If all goes right (or wrong depending on your perspective) a log of all requests will be printed to the console ending with the following error message.

level=ERROR msg="DST is non linearizable"
Error: DST failed for seed='23496'

Resonate uses Porcupine, a fantastic go project, to verify the linearizability of the concurrent requests sent and responses received by the test. Porcupine also generates a visualization you can see by opening up dst.html in a browser, click “jump to first error” to see where Porcupine could no longer verify linearizability.

Visualization Screenshot

The Investigation

We can use the request log and the visualization to help us determine what exactly went wrong. Looking in the vicinity of the first error, three requests stand out as interesting.

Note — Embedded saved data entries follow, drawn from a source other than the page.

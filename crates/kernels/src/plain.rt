ghost use Rattle.std.specs.Prelude.{◌≡◌, ℕ, List, [], ◌∷◌, length, replicate};
ghost use Rattle.std.proofs.Common.{sym};
ghost use Rattle.kernels.specs.Lengths.{answer_to, after};
ghost use Rattle.kernels.specs.Polynomials.{poly_of};
ghost use Rattle.kernels.specs.Reduced.{reduced_poly, reduced_same, reduced_twice};
ghost use Rattle.kernels.specs.PlainKernelLemmas.{some};

use crate::kernel::Kernel;
use crate::{lengths, remainders, schoolbook};
use faults::fault::Fault;
use rings::ring::Ring;
use words::guard::Wiped;

// The remainders of the words of a polynomial: turn and back alike.
fn settle(ring: &Ring, words: &mut [u32], scratch: &mut [u32]) -> Result<(), Fault>
    ensures answer { result ≡ answer_to ring.now (length words.old ∷ length scratch.old ∷ []) }
    ensures words { words.new ≡ after result (poly_of ring.now words.old) words.old }
    ensures wiped { scratch.new ≡ replicate (length scratch.old) 0 }
{
    let work = Wiped { words: scratch };
    remainders::admit(ring, words, work.words.len())
}

// The kernel whose forms are the polynomials themselves.
#[derive(Clone, Copy)]
pub struct Plain;

impl Kernel for Plain {
    ghost reads = { λ r w. poly_of r w };

    ghost form = { λ r p. p };

    ghost forms = { record {
      poly = λ r w. reduced_poly r.degree r.modulus w (some r);
      below = λ r p h. h;
      back = λ r p h. sym (reduced_same r.degree r.modulus p h);
      one = λ r w h. sym (reduced_same r.degree r.modulus w h);
      rest = λ r w. reduced_twice r.degree r.modulus w (some r);
    } };

    fn turn(&self, ring: &Ring, words: &mut [u32], scratch: &mut [u32]) -> Result<(), Fault> {
        settle(ring, words, scratch)
    }

    fn fold(&self, ring: &Ring, acc: &mut [u32], left: &[u32], right: &[u32]) -> Result<(), Fault> {
        lengths::check_fold(ring, acc.len(), left.len(), right.len())?;
        schoolbook::fuse(ring, acc, left, right);
        Ok(())
    }

    fn back(&self, ring: &Ring, words: &mut [u32], scratch: &mut [u32]) -> Result<(), Fault> {
        settle(ring, words, scratch)
    }
}
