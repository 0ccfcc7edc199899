ghost use Rattle.std.specs.Prelude.{◌≡◌, [], ◌∷◌};
ghost use Rattle.kernels.specs.Lengths.{answer_to};

use faults::fault::{Fault, Layer};
use faults::lengths::check_length;
use rings::ring::Ring;

// The words and the scratch memory of a turn are N words each.
pub fn check_turn(ring: &Ring, words: usize, scratch: usize) -> Result<(), Fault>
    ensures { result ≡ answer_to ring.now (words ∷ scratch ∷ []) }
{
    check_length(Layer::Kernel, 0, words, ring.degree)?;
    check_length(Layer::Kernel, 1, scratch, ring.degree)
}

// The three forms of a fold are N words each.
pub fn check_fold(ring: &Ring, acc: usize, left: usize, right: usize) -> Result<(), Fault>
    ensures { result ≡ answer_to ring.now (acc ∷ left ∷ right ∷ []) }
{
    check_length(Layer::Kernel, 0, acc, ring.degree)?;
    check_length(Layer::Kernel, 1, left, ring.degree)?;
    check_length(Layer::Kernel, 2, right, ring.degree)
}
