ghost use Rattle.std.specs.Prelude.{◌≡◌, ℕ, List, [], ◌∷◌, length, replicate};
ghost use Rattle.rings.specs.declared.ring.Ring.{Ring};
ghost use Rattle.kernels.specs.Lengths.{answer_to, after};
ghost use Rattle.kernels.specs.Polynomials.{poly_of};
ghost use Rattle.kernels.specs.Reading.{OneForm, folded};

use faults::fault::Fault;
use rings::ring::Ring;

// A way to keep the polynomials of a ring as forms of as many words. It has no state.
pub trait Kernel {
    // the polynomial that words read as
    ghost reads: { Ring → List ℕ → List ℕ };

    // the one form of words below the modulus that a polynomial has
    ghost form: { Ring → List ℕ → List ℕ };

    // A polynomial becomes its form.
    fn turn(&self, ring: &Ring, words: &mut [u32], scratch: &mut [u32]) -> Result<(), Fault>
        ensures answer { result ≡ answer_to ring.now (length words.old ∷ length scratch.old ∷ []) }
        ensures words { words.new ≡ after result (form ring.now (poly_of ring.now words.old)) words.old }
        ensures wiped { scratch.new ≡ replicate (length scratch.old) 0 };

    // The product of two forms is added to a third.
    fn fold(&self, ring: &Ring, acc: &mut [u32], left: &[u32], right: &[u32]) -> Result<(), Fault>
        ensures answer { result ≡ answer_to ring.now (length acc.old ∷ length left.now ∷ length right.now ∷ []) }
        ensures acc { acc.new ≡ after result (folded reads form ring.now acc.old left.now right.now) acc.old };

    // A form becomes the polynomial that it reads as.
    fn back(&self, ring: &Ring, words: &mut [u32], scratch: &mut [u32]) -> Result<(), Fault>
        ensures answer { result ≡ answer_to ring.now (length words.old ∷ length scratch.old ∷ []) }
        ensures words { words.new ≡ after result (reads ring.now words.old) words.old }
        ensures wiped { scratch.new ≡ replicate (length scratch.old) 0 };

    ghost forms: { OneForm reads form };
}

IdRequestResonate StatusHttp Status
78CreatePromise(pid=p5)2010201
90CreatePromiseAndCallback(pid=p5, cid=cb13)4090409
119CreateCallback(pid=p5, cid=cb13)2000200

CreatePromise (request 78) results in a 2010 status code. Resonate status codes can be converted to http response codes by dividing by 10 and rounding down, here a 201 indicates that the promise was created successfully.

CreatePromiseAndCallback (request 90) results in a 4090 indicating a conflict, the promise already exists.

CreateCallback (request 119) results in a 2000 indicating the callback was successfully deduplicated, but not created, by this request. The callback must already exist.

Inspecting the logs further we can verify that at no point in time prior to request 119 was a callback with id cb13 created. All indicators are pointing towards an erroneous callback creation, perhaps our atomic CreatePromiseAndCallback request is not so atomic after all.

IdRequestActualExpected
78CreatePromise(pid=p5)201201
90CreatePromiseAndCallback(pid=p5, cid=cb13)409409
119CreateCallback(pid=p5, cid=cb13)200201

The Bug

CreatePromiseAndCallback is a relatively recent addition to Resonate and a likely culprit, so I dug into the SQL queries. The request is intended to be atomic; either both the promise and callback are created or neither are. Let’s look at the queries, understanding that these occur in a transaction.

# Create Promise
INSERT INTO promises(id) VALUES ('p5') ON CONFLICT(id) DO NOTHING

# Create Callback
INSERT INTO callbacks(id, promise_id)
SELECT
'cb5', 'p5'
WHERE EXISTS
(SELECT 1 FROM promises WHERE id = 'p5' AND state = 1)

Aha! The create promise query has an on conflict clause that effectively undoes the atomicity guarantees of the transaction. So when the CreatePromiseAndCallback request occurs the promise is not created, but the callback is. Our DST model is rightfully unaware that callback cb13 exists and therefore returns an error when CreateCallback returns a 200, indicating deduplication.

Reflection

How long would it have taken us to discover this bug without deterministic simulation testing? And how many productive systems would have been affected? It’s perhaps hard to say for certain, but I for one am happy we have DST.